Top Biomedical Stories from IEEE Spectrum in 2025

IEEE SpectrumLast year’s most popular biomedical stories focused on both the integration of new technologies and the revamping of old ones. While AI is all the rage in most industries, including biomedical, with applications like a brain alert system for deteriorating mental health and a model to estimate heart rate in real time, biomedical news over the past year has also focused on existing technologies. Technology like Wi-Fi, ultrasound and lasers have all made a comeback or found new uses in 2025.
Whether the innovation comes from new or old technology, IEEE Spectrum will continue to cover it rigorously in 2026.
Georgia Institute of Technology, Icahn School of Medicine at Mount Sinai and TeraPixel
When Patricio Riva Posse, a psychiatrist at Emory University School of Medicine, realized that his patient’s brain implants were sending her signals that her depression was getting worse before she even realized anything was wrong, he wished he could have acted sooner.

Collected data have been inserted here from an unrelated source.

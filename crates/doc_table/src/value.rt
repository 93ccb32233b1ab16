//! Values of the kinds that a document's keys have.
ghost use Rattle.std.specs.Prelude.{◌≡◌, ◌≤◌, ◌<◌, ◌^◌, IfOk, IfSome, option_map, length};
ghost use Rattle.toml.specs.View.{view, table_view};
ghost use Rattle.toml.specs.Data.{as_table, get_member};
ghost use Rattle.hex.specs.Hex.{decode_of};
ghost use Rattle.doc_table.specs.Read.{Gives, of_kind, integer_in, truth, byte_text, sized};

use crate::fault::{DocFault, DocKind};
use crate::path::Path;
use ep_base::Buf;
use toml::{Table, Value};

/// The value at a key.
pub fn value_at<'a>(table: &'a Table, key: &str) -> Option<&'a Value>
    ensures { option_map (λ v. view v.now) result ≡ get_member key.now (table_view table.now) }
{
    table.get(key)
}

/// A value that is a table.
pub fn table_in<'a>(path: &Path, value: &'a Value) -> Result<&'a Table, DocFault>
    ensures { Gives (λ t. table_view t.now) result (of_kind path.now (as_table (view value.now))) }
{
    match value.as_table() {
        None => Err(path.fault(DocKind::WrongKind, 0)),
        Some(table) => Ok(table),
    }
}

/// An integer from `low` to `high`.
pub fn integer_in(path: &Path, value: &Value, low: u64, high: u64) -> Result<u64, DocFault>
    ensures value { result ≡ integer_in low high path.now (view value.now) }
    ensures range { IfOk result (λ n. (low ≤ n) × (n ≤ high)) }
{
    match value.as_integer() {
        None => Err(path.fault(DocKind::WrongKind, 0)),
        Some(number) => match u64::try_from(number) {
            Ok(n) if low <= n && n <= high => Ok(n),
            _ => Err(path.fault(DocKind::BadValue, number)),
        },
    }
}

/// True or false.
pub fn truth(path: &Path, value: &Value) -> Result<bool, DocFault>
    ensures { result ≡ truth path.now (view value.now) }
{
    match value.as_bool() {
        None => Err(path.fault(DocKind::WrongKind, 0)),
        Some(truth) => Ok(truth),
    }
}

/// `low` to `high` bytes, as hexadecimal text.
pub fn byte_text<const N: usize>(
    path: &Path,
    value: &Value,
    low: usize,
    high: usize,
) -> Result<Buf<N>, DocFault>
    requires { high ≤ N }
    ensures value { Gives (λ b. b.items) result (byte_text low high path.now (view value.now)) }
    ensures range { IfOk result (λ b. (low ≤ length b.items) × (length b.items ≤ high)) }
{
    match value.as_str() {
        None => Err(path.fault(DocKind::WrongKind, 0)),
        Some(text) => match sized(text, low, high) {
            Some(bytes) => Ok(bytes),
            None => Err(path.fault(DocKind::BadValue, text.len() as i64)),
        },
    }
}

/// `N` bytes, as hexadecimal text.
pub fn byte_array<const N: usize>(path: &Path, value: &Value) -> Result<[u8; N], DocFault>
    requires { N < 2 ^ 32 }
    ensures { result ≡ byte_text N N path.now (view value.now) }
{
    let bytes = byte_text::<N>(path, value, N, N)?;
    match bytes.into_inner() {
        Ok(array) => Ok(array),
        Err(_) => unreachable!(),
    }
}

/// The bytes that a text spells, if they are `low` to `high`.
pub fn sized<const N: usize>(text: &str, low: usize, high: usize) -> Option<Buf<N>>
    requires { high ≤ N }
    ensures value { option_map (λ b. b.items) result ≡ sized low high (decode_of text.now) }
    ensures range { IfSome result (λ b. (low ≤ length b.items) × (length b.items ≤ high)) }
{
    let count = text.len() / 2;
    if count < low || high < count {
        return None;
    }
    let mut room = [0u8; N];
    let bytes = &mut room[..count];
    match hex::decode_to_slice(text, bytes) {
        Err(_) => None,
        Ok(()) => Buf::try_from(&room[..count]).ok(),
    }
}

This experience led him and his colleagues to develop “an automatic alarm system” to detect signs of changing mental health. The tool monitors brain signals in real time, using implants to record electrical impulses and AI to analyze the signals and flag warning signs of relapse. Other research groups in the United States are experimenting with different ways to use these stimulating brain implants to help treat depression, with or without the help of AI. “There are so many levers we can pull here,” says neurosurgeon Nir Lipsman in the article.
Dmitry Kireev/University of Massachusetts Amherst
In Dmitry Kireev’s lab at the University of Massachusetts Amherst, researchers are developing imperceptibly thin graphene tattoos that can monitor your vital signs and more. “Electronic tattoos could help people track complex diseases, including cardiovascular, metabolic, immune, and neurodegenerative diseases. Nearly half of American adults could be in the early stages of one or more of these disorders right now, even if they don’t know it yet,” he wrote in an article for IEEE Spectrum.

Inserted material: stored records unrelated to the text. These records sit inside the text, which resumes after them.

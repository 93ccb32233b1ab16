//! A table of the document, key by key.
ghost use Rattle.std.specs.Prelude.{◌≡◌, [], ◌+◌, ◌-◌, ◌<◌, ◌≤◌, ◌^◌, length, vec_len, map, option_map, IfOk, IfSome, pos};
ghost use Rattle.std.specs.List.{list_any};
ghost use Rattle.std.specs.Cmp.Lexicographic.{pointwise};
ghost use Rattle.std.specs.Prelude.{nat_eq};
ghost use Rattle.toml.specs.Data.{get_member};
ghost use Rattle.toml.specs.View.{view, table_view};
ghost use Rattle.doc_table.specs.Read.{Gives, GivesIfRoom, table_of, optional, required, defaulted, integer_in, truth, byte_text, place_of, first_unknown};
ghost use Rattle.doc_table.specs.Path.{key_path, shown};
ghost use Rattle.doc_table.specs.declared.fault.DocKind.TheVariants.{Missing};
ghost use Rattle.doc_table.specs.Section.{place};

use crate::fault::{DocFault, DocKind, TableEnd};
use crate::path::Path;
use crate::reader::Read;
use crate::value::{self, value_at};
use ep_base::Buf;
use std::alloc::Global;
use toml::{Table, Value};

/// A table, and the path of its place.
#[derive(Drop)]
pub struct Section<'a> {
    path: &'a Path,
    table: &'a Table,
}

impl<'a> Section<'a> {
    /// A table with these keys alone.
    pub fn open(path: &'a Path, table: &'a Table, keys: &[&str]) -> Result<Section<'a>, DocFault>
        ensures value { Gives place result (place_of (map (λ k. k.now) keys.now) path.now (table_view table.now)) }
        ensures path { IfOk result (λ s. s.path.now ≡ path.now) }
    {
        match first_unknown(table, keys) {
            None => Ok(Section { path, table }),
            Some(number) => Err(path.fault(DocKind::UnknownKey, number as i64)),
        }
    }

    /// A value that is a table with these keys alone.
    pub fn of_value(
        path: &'a Path,
        value: &'a Value,
        keys: &[&str],
    ) -> Result<Section<'a>, DocFault>
        ensures value { Gives place result (table_of (map (λ k. k.now) keys.now) path.now (view value.now)) }
        ensures path { IfOk result (λ s. s.path.now ≡ path.now) }
    {
        match value.as_table() {
            None => Err(path.fault(DocKind::WrongKind, 0)),
            Some(table) => Section::open(path, table, keys),
        }
    }

    /// A table whose keys are looked at elsewhere.
    pub fn unchecked(path: &'a Path, table: &'a Table) -> Section<'a>
        ensures value { place result ≡ record { path = path.now; members = table_view table.now } }
        ensures path { result.path.now ≡ path.now }
    {
        Section { path, table }
    }
}

impl Section<'_> {
    /// The integer at a key, if there is one.
    pub fn integer(&self, key: &str, low: u64, high: u64) -> Result<Option<u64>, DocFault>
        requires { length self.now.path.now + length key.now < 96 }
        ensures value { result ≡ optional (integer_in low high) key.now (place self.now) }
        ensures range { IfOk result (λ found. IfSome found (λ n. (low ≤ n) × (n ≤ high))) }
    {
        match value_at(self.table, key) {
            None => Ok(None),
            Some(value) => Ok(Some(value::integer_in(&self.path.key(key), value, low, high)?)),
        }
    }

    /// The integer at a key, which has to be there.
    pub fn required_integer(&self, key: &str, low: u64, high: u64) -> Result<u64, DocFault>
        requires { length self.now.path.now + length key.now < 96 }
        ensures value { result ≡ required (integer_in low high) key.now (place self.now) }
        ensures range { IfOk result (λ n. (low ≤ n) × (n ≤ high)) }
    {
        match self.integer(key, low, high)? {
            Some(n) => Ok(n),
            None => Err(self.missing(key)),
        }
    }

    /// The integer at a key, or the default.
    pub fn integer_or(&self, key: &str, default: u64, low: u64, high: u64) -> Result<u64, DocFault>
        requires room { length self.now.path.now + length key.now < 96 }
        requires known { (low ≤ default) × (default ≤ high) }
        ensures value { result ≡ defaulted default (integer_in low high) key.now (place self.now) }
        ensures range { IfOk result (λ n. (low ≤ n) × (n ≤ high)) }
    {
        match self.integer(key, low, high)? {
            Some(n) => Ok(n),
            None => Ok(default),
        }
    }

    /// The truth at a key, if there is one.
    pub fn truth(&self, key: &str) -> Result<Option<bool>, DocFault>
        requires { length self.now.path.now + length key.now < 96 }
        ensures { result ≡ optional truth key.now (place self.now) }
    {
        match value_at(self.table, key) {
            None => Ok(None),
            Some(value) => Ok(Some(value::truth(&self.path.key(key), value)?)),
        }
    }

    /// The truth at a key, or the default.
    pub fn truth_or(&self, key: &str, default: bool) -> Result<bool, DocFault>
        requires { length self.now.path.now + length key.now < 96 }
        ensures { result ≡ defaulted default truth key.now (place self.now) }
    {
        Ok(self.truth(key)?.unwrap_or(default))
    }

    /// `low` to `N` bytes at a key, if there is a text.
    pub fn bytes<const N: usize>(&self, key: &str, low: usize) -> Result<Option<Buf<N>>, DocFault>
        requires { length self.now.path.now + length key.now < 96 }
        ensures { Gives (option_map (λ b. b.items)) result (optional (byte_text low N) key.now (place self.now)) }
    {
        match value_at(self.table, key) {
            None => Ok(None),
            Some(value) => Ok(Some(value::byte_text(&self.path.key(key), value, low, N)?)),
        }
    }

    /// `low` to `N` bytes at a key, which has to be there.
    pub fn required_bytes<const N: usize>(&self, key: &str, low: usize) -> Result<Buf<N>, DocFault>
        requires { length self.now.path.now + length key.now < 96 }
        ensures { Gives (λ b. b.items) result (required (byte_text low N) key.now (place self.now)) }
    {
        match self.bytes(key, low)? {
            Some(bytes) => Ok(bytes),
            None => Err(self.missing(key)),
        }
    }

    /// Exactly `N` bytes at a key, if there is a text.
    pub fn array<const N: usize>(&self, key: &str) -> Result<Option<[u8; N]>, DocFault>
        requires room { length self.now.path.now + length key.now < 96 }
        requires small { N < 2 ^ 32 }
        ensures { result ≡ optional (byte_text N N) key.now (place self.now) }
    {
        match value_at(self.table, key) {
            None => Ok(None),
            Some(value) => Ok(Some(value::byte_array(&self.path.key(key), value)?)),
        }
    }

    /// What a key has, if it is there.
    pub fn optional<R: Read>(
        &self,
        alloc: Global,
        key: &str,
        reader: &R,
    ) -> Result<Option<R::Out>, TableEnd>
        requires { length self.now.path.now + length key.now + 1 + R.room ≤ 96 }
        ensures { GivesIfRoom (option_map R.seen) result (optional (R.reads reader.now) key.now (place self.now)) }
    {
        match value_at(self.table, key) {
            None => Ok(None),
            Some(value) => Ok(Some(reader.read(alloc, &self.path.key(key), value)?)),
        }
    }

    /// What a key has, or the default.
    pub fn defaulted<R: Read>(
        &self,
        alloc: Global,
        key: &str,
        reader: &R,
        default: R::Out,
    ) -> Result<R::Out, TableEnd>
        requires { length self.now.path.now + length key.now + 1 + R.room ≤ 96 }
        ensures { GivesIfRoom R.seen result (defaulted (R.seen default) (R.reads reader.now) key.now (place self.now)) }
    {
        match self.optional(alloc, key, reader)? {
            Some(found) => Ok(found),
            None => Ok(default),
        }
    }

    /// What a key has, which has to be there.
    pub fn required<R: Read>(
        &self,
        alloc: Global,
        key: &str,
        reader: &R,
    ) -> Result<R::Out, TableEnd>
        requires { length self.now.path.now + length key.now + 1 + R.room ≤ 96 }
        ensures { GivesIfRoom R.seen result (required (R.reads reader.now) key.now (place self.now)) }
    {
        match self.optional(alloc, key, reader)? {
            Some(found) => Ok(found),
            None => Err(TableEnd::Fault(self.missing(key))),
        }
    }

    /// The table itself.
    pub fn table(&self) -> &Table
        ensures { table_view result.now ≡ (place self.now).members }
    {
        self.table
    }

    /// A fault at a key.
    pub fn fault(&self, key: &str, kind: DocKind, number: i64) -> DocFault
        requires { length self.now.path.now + length key.now < 96 }
        ensures { result ≡ record { kind = kind; path = shown (key_path self.now.path.now key.now); number = number } }
    {
        self.path.key(key).fault(kind, number)
    }

    fn missing(&self, key: &str) -> DocFault
        requires { length self.now.path.now + length key.now < 96 }
        ensures { result ≡ record { kind = Missing; path = shown (key_path self.now.path.now key.now); number = pos 0 } }
    {
        self.fault(key, DocKind::Missing, 0)
    }
}

/// The place of the first key of the table that the list lacks, counted from 1.
fn first_unknown(table: &Table, keys: &[&str]) -> Option<usize>
    ensures value { result ≡ first_unknown (map (λ k. k.now) keys.now) 1 (table_view table.now) }
    ensures small { IfSome result (λ n. n < 2 ^ 63) }
{
    let mut number = 0usize;
    for (name, _) in table.iter() {
        number += 1;
        if !is_listed(name.as_str(), keys) {
            return Some(number);
        }
    }
    None
}

fn is_listed(name: &str, keys: &[&str]) -> bool
    ensures { result ≡ list_any (pointwise nat_eq name.now) (map (λ k. k.now) keys.now) }
{
    for key in keys {
        if name == *key {
            return true;
        }
    }
    false
}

How does it work? Graphene is conductive, strong and flexible, capable of measuring characteristics such as heart rate and the presence of certain compounds in sweat. For now, the tattoos must be plugged into a conventional electronic circuit, but Kireev hopes they will soon be integrated into smart watches, and therefore easier to wear.
Erika Cardema/UC Santa Cruz
Wi-Fi can do more than just connect you to the Internet: it can help you monitor your heart inexpensively and without requiring constant physical contact. The new approach, called Pulse-Fi, uses an AI model to analyze heartbeats to estimate heart rate in real time from up to 10 feet away.
The system is inexpensive, totaling approximately US$40, easy to deploy, and does not introduce discomfort. It also works regardless of the user’s posture and in all types of environments. Katia Obraczka, a computer scientist at the University of California, Santa Cruz who led the development of Pulse-Fi, says the team plans to commercialize the technology.
advanced age
Sangeeta S. Chavan and Stavros Zanos, biomedical researchers at the Institute for Bioelectronic Medicine in New York, hypothesize that ultrasound waves could activate neurons, providing “a precise and safe way to deliver curative treatments for a wide range of acute and chronic diseases,” as they write in an article for Spectrum. Targeted ultrasound could then be used as a treatment for inflammation or diabetes, instead of drugs with many side effects, they say.
It works by vibrating a neuron’s membrane and “opening channels that allow ions to flow into the cell, thereby indirectly changing the cell’s voltage and causing it to light up,” they write. The authors believe that activating specific neurons can help address the root causes of specific diseases.
Extreme Light Group/University of Glasgow
If a doctor wants to see inside your head, they have to decide whether they want to do it cheaply or in depth: an electroencephalograph is inexpensive, but doesn’t penetrate beyond the outer layers of the brain, while functional magnetic resonance imaging (fMRI) is expensive, but can see all the way through. Shining a laser through a person’s head appears to be the first step toward technology that accomplishes both.
For many years, this kind of work seemed impossible due to the human head’s ability to block light, but researchers have now proven that lasers can send photons through the entire body. “What was thought to be impossible, we have shown is possible. And we hope this could inspire the next generation of these devices,” says project leader Jack Radford in the article.
Jiawei Ge
In the not-so-distant future, surgical patients may hear “The robot will see you now,” as the authors of this story suggest. The three researchers work at the Johns Hopkins University Robotics Lab developing the Smart Tissue Autonomous Robot (STAR), which performed the first autonomous soft tissue surgery in a living animal in 2016.
While there certainly remain challenges to bringing autonomous robots into the operating room, such as developing general-purpose robotic controllers and collecting data under strict privacy regulations, the end goal is on the horizon. “A scenario in which patients are routinely greeted by a surgeon and an autonomous robotic assistant is no longer a remote possibility,” the authors write.